The ideological divide on the nation’s high court disappeared last week in the face of Democratic attempts to impose congressional control over the bench.

In what can only be described as a rare and unified step, all nine justices on Tuesday released a joint statement reconfirming their commitment to an already existing general code of conduct. But their declaration went much further.

The justices marched in lockstep to condemn leftist proposals for independent oversight of the court, mandated compliance with ethics regulations, and demands for more transparency in cases involving recusal.

Democrats long for control of the Supreme Court after the conservative majority issued landmark decisions on issues such as abortion and gun control. Leftists in Congress clearly see the chance to ride questionable “ethics” complaints to assert dominance over the judicial branch.

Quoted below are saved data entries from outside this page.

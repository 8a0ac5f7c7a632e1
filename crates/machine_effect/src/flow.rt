ghost use Rattle.std.specs.Prelude.{◌≡◌, ◌==◌, ℤ, true, false, IfSome};
ghost use Rattle.std.specs.List.{list_any};
ghost use Rattle.machine_effect.specs.Numbers as numbers;
ghost use Rattle.machine_effect.specs.Flow as spec;
ghost use Rattle.machine_effect.specs.Flow.{flow_of};
ghost use Rattle.machine_effect.specs.FlagsAfter as flags;
ghost use Rattle.machine_effect.specs.Applies as applies;
ghost use Rattle.machine_effect.specs.Steps.{KeepsRegister, MovesRegister, StoresCopy, SavesRegister};
ghost use Rattle.std.specs.Option.{option_map, option_copied};

use crate::effect::{Access, Atom, Effect, Value};
use crate::flag_rule::FlagRule;
use crate::next::Next;
use crate::op::Op;

/// Which registers of a target hold the stack pointer and, where there is one, the return address of a call.
#[derive(Clone, Copy, Debug, Default, PartialEq, Eq)]
pub struct Shape {
    /// The number of the stack pointer.
    pub sp: u8,
    /// The number of the link register.
    pub link: Option<u8>,
}

/// What an effect does to the stack pointer.
#[derive(Clone, Copy, Debug, Default, PartialEq, Eq)]
pub enum SpMove {
    /// It stays.
    #[default]
    Keep,
    /// It changes by this constant, modulo 2^64, in one of the ways in which code moves it: together with all five
    /// flags, a store of eight bytes at the new stack pointer or a load of eight bytes at the old one.
    By(i64),
    /// It's written otherwise.
    Other,
}

/// What an effect does to the stack pointer and the link register, and where the machine goes on.
#[derive(Clone, Copy, Debug, Default, PartialEq, Eq)]
pub struct Flow {
    pub sp: SpMove,
    /// The link register is among the writes, or is the link of `next`.
    pub writes_link: bool,
    /// Eight bytes are stored, and their value is a copy of the link register.
    pub stores_link: bool,
    /// The effect's own.
    pub next: Next,
}

/// What an effect does to the stack pointer and the link register.
///
/// The stack pointer's move is `Keep` exactly where the stack pointer isn't among the writes and isn't the link
/// of `next`. It's `By(k)` exactly where the stack pointer stands once among the writes and isn't the link of
/// `next`, where the value written to it is the 64-bit sum or difference of the stack pointer and a constant,
/// which is k above it, and where the effect sets all five flags, or stores eight bytes at the new stack pointer,
/// or loads eight bytes at the old one. Otherwise it's `Other`.
pub fn effect_flow(effect: &Effect, shape: &Shape) -> Flow
    ensures exact { result ≡ flow_of effect.now shape.now }
    ensures next { result.next ≡ effect.now.next }

    // What that says of each step by the effect.
    ensures keep { result.sp ≡ SpMove.Keep → KeepsRegister effect.now shape.now.sp }
    ensures by { (k : ℤ) → result.sp ≡ SpMove.By k → MovesRegister effect.now shape.now.sp k }
    ensures link_kept { IfSome shape.now.link (λ link. result.writes_link ≡ false → KeepsRegister effect.now link) }
    ensures link_unstored { IfSome shape.now.link (λ link. result.stores_link ≡ false → ¬ StoresCopy effect.now link) }
    ensures link_stored { IfSome shape.now.link (λ link. result.stores_link ≡ true → StoresCopy effect.now link) }
    ensures link_saved { IfSome shape.now.link (λ link. result.stores_link ≡ true → SavesRegister effect.now link) }
{
    read_flow(effect, shape)
}

#[tactic(auto, unfolding(crate::specs::Flow::flow_of))]
fn read_flow(effect: &Effect, shape: &Shape) -> Flow
    ensures { result ≡ flow_of effect.now shape.now }
{
    Flow {
        sp: sp_move(effect, shape.sp),
        writes_link: match shape.link {
            Some(link) => writes_register(effect, link),
            None => false,
        },
        stores_link: match shape.link {
            Some(link) => stores_register(effect, link),
            None => false,
        },
        next: effect.next,
    }
}

fn sp_move(effect: &Effect, sp: u8) -> SpMove
    ensures { result ≡ spec.sp_move_of effect.now sp }
{
    if !writes_register(effect, sp) {
        SpMove::Keep
    } else if links_to(effect.next, sp) {
        SpMove::Other
    } else {
        match sole_write(effect.writes.as_slice(), sp) {
            Some(value) => move_by(effect, sp, added_to(&value, sp)),
            None => SpMove::Other,
        }
    }
}

fn move_by(effect: &Effect, sp: u8, distance: Option<u64>) -> SpMove
    ensures { result ≡ spec.move_by effect.now sp distance }
{
    match distance {
        Some(distance) if is_stack_move(effect, sp, distance) => SpMove::By(signed(distance)),
        _ => SpMove::Other,
    }
}

fn is_stack_move(effect: &Effect, sp: u8, distance: u64) -> bool
    ensures { result ≡ spec.is_stack_move effect.now sp distance }
{
    sets_all_five(&effect.flags)
        || is_eight_at(&stored(effect), sp, distance)
        || is_eight_at(&effect.load, sp, 0)
}

// Where the effect stores.
fn stored(effect: &Effect) -> Option<Access>
    ensures { result ≡ option_map (λ store. store.0) effect.now.store }
{
    match &effect.store {
        Some((access, _)) => Some(*access),
        None => None,
    }
}

fn is_eight_at(access: &Option<Access>, register: u8, distance: u64) -> bool
    ensures { result ≡ spec.is_eight_at register distance access.now }
{
    match access {
        Some(access) => access.width == 8 && distance_from(access, register) == Some(distance),
        None => false,
    }
}

fn distance_from(access: &Access, register: u8) -> Option<u64>
    ensures { result ≡ spec.distance_from register access.now }
{
    let index = constant_after(access.base, access.index, register)?;
    let scaled = index.wrapping_mul(u64::from(access.scale));
    Some(scaled.wrapping_add(access.disp.cast_unsigned()))
}

fn added_to(value: &Value, register: u8) -> Option<u64>
    ensures { result ≡ spec.added_to register value.now }
{
    if value.width == 64 {
        added_by(value.op, value.a, value.b, register)
    } else {
        None
    }
}

fn added_by(op: Op, a: Atom, b: Atom, register: u8) -> Option<u64>
    ensures { result ≡ spec.added_by register op a b }
{
    match op {
        Op::Add => match constant_after(a, b, register) {
            Some(constant) => Some(constant),
            None => constant_after(b, a, register),
        },
        Op::Subtract => match constant_after(a, b, register) {
            Some(constant) => Some(constant.wrapping_neg()),
            None => None,
        },
        _ => None,
    }
}

// The second atom's constant, where the first is the register.
fn constant_after(first: Atom, second: Atom, register: u8) -> Option<u64>
    ensures { result ≡ spec.constant_after register first second }
{
    match (first, second) {
        (Atom::Reg(number), Atom::Const(constant)) if number == register => Some(constant),
        _ => None,
    }
}

// A distance of 64 bits as a signed number.
fn signed(distance: u64) -> i64
    ensures { result ≡ numbers.signed 64 distance }
{
    distance.cast_signed()
}

fn sets_all_five(rule: &FlagRule) -> bool
    ensures { result ≡ flags.sets_all_five rule.now }
{
    matches!(
        rule,
        FlagRule::Add { .. }
            | FlagRule::AddCarry { .. }
            | FlagRule::Subtract { .. }
            | FlagRule::SubtractBorrow { .. }
            | FlagRule::Logic { .. }
            | FlagRule::CountOnes { .. }
    )
}

fn writes_register(effect: &Effect, register: u8) -> bool
    ensures { result ≡ spec.writes_register effect.now register }
{
    links_to(effect.next, register) || is_written(effect.writes.as_slice(), register)
}

fn links_to(next: Next, register: u8) -> bool
    ensures { result ≡ spec.is_named register (applies.link_of next) }
{
    match next {
        Next::Call {
            link: Some(link),
            ..
        }
        | Next::CallTo {
            link: Some(link),
            ..
        } => link == register,
        _ => false,
    }
}

fn is_written(writes: &[(u8, Value)], register: u8) -> bool
    ensures { result ≡ list_any (λ write. write.0 == register) writes.now }
{
    writes.iter().any(|(number, _)| *number == register)
}

// The value that is written to a register which is written once.
fn sole_write(writes: &[(u8, Value)], register: u8) -> Option<Value>
    ensures { result ≡ spec.sole (spec.written_to register writes.now) }
{
    match writes {
        [] => None,
        [(number, value), rest @ ..] if *number == register => {
            if is_written(rest, register) {
                None
            } else {
                Some(*value)
            }
        }
        [_, rest @ ..] => sole_write(rest, register),
    }
}

fn stores_register(effect: &Effect, register: u8) -> bool
    ensures { result ≡ spec.stores_register register effect.now.store }
{
    match &effect.store {
        Some((access, value)) => access.width == 8 && is_copy_of(value, register),
        None => false,
    }
}

fn is_copy_of(value: &Value, register: u8) -> bool
    ensures { result ≡ spec.is_copy_of register value.now }
{
    is_copy(value.op) && value.width >= 64 && is_register(value.a, register)
}

fn is_copy(op: Op) -> bool
    ensures { result ≡ spec.is_copy op }
{
    matches!(op, Op::Copy)
}

fn is_register(atom: Atom, register: u8) -> bool
    ensures { result ≡ spec.is_register register atom }
{
    match atom {
        Atom::Reg(number) => number == register,
        _ => false,
    }
}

However, the “Statement on Ethics Principles and Practices” clearly rejected this infringement on the time-honored principle of separation of powers.

The document asserted that “the justices…consult a wide variety of authorities to address specific ethical issues.”

The justices wrote that the unique joint statement “aims to provide clarity to the bar and to the public on how justices address certain recurring issues.” They added that the writing “also seeks to dispel some common misconceptions.”

The statement from the court included a letter from Chief Justice John Roberts declaring that he will not appear before a hearing as Senate Democrats want. The letter was addressed to Senate Judiciary Committee Chairman Richard Durbin (D-IL).

The statement and letter are certain to draw the ire of the left wing advocacy group Fix the Court.

The watchdog organization lobbies Congress to implement a high court code that would clearly run afoul of the Constitution. That fact does not deter executive director Gabe Roth.

He declared that “without a formal code of conduct, without a way to receive ethics complaints and without a way to investigate them, the Supreme Court has set itself apart from all other federal institutions.”

Durbin also did not appreciate being dismissed by Chief Justice Roberts and his eight colleagues. He claimed Thursday that the justices’ writing “raises more questions than it resolves.”

The Democrat further warned that “ethics reform” for the high court “must happen whether the Court participates in the process or not.”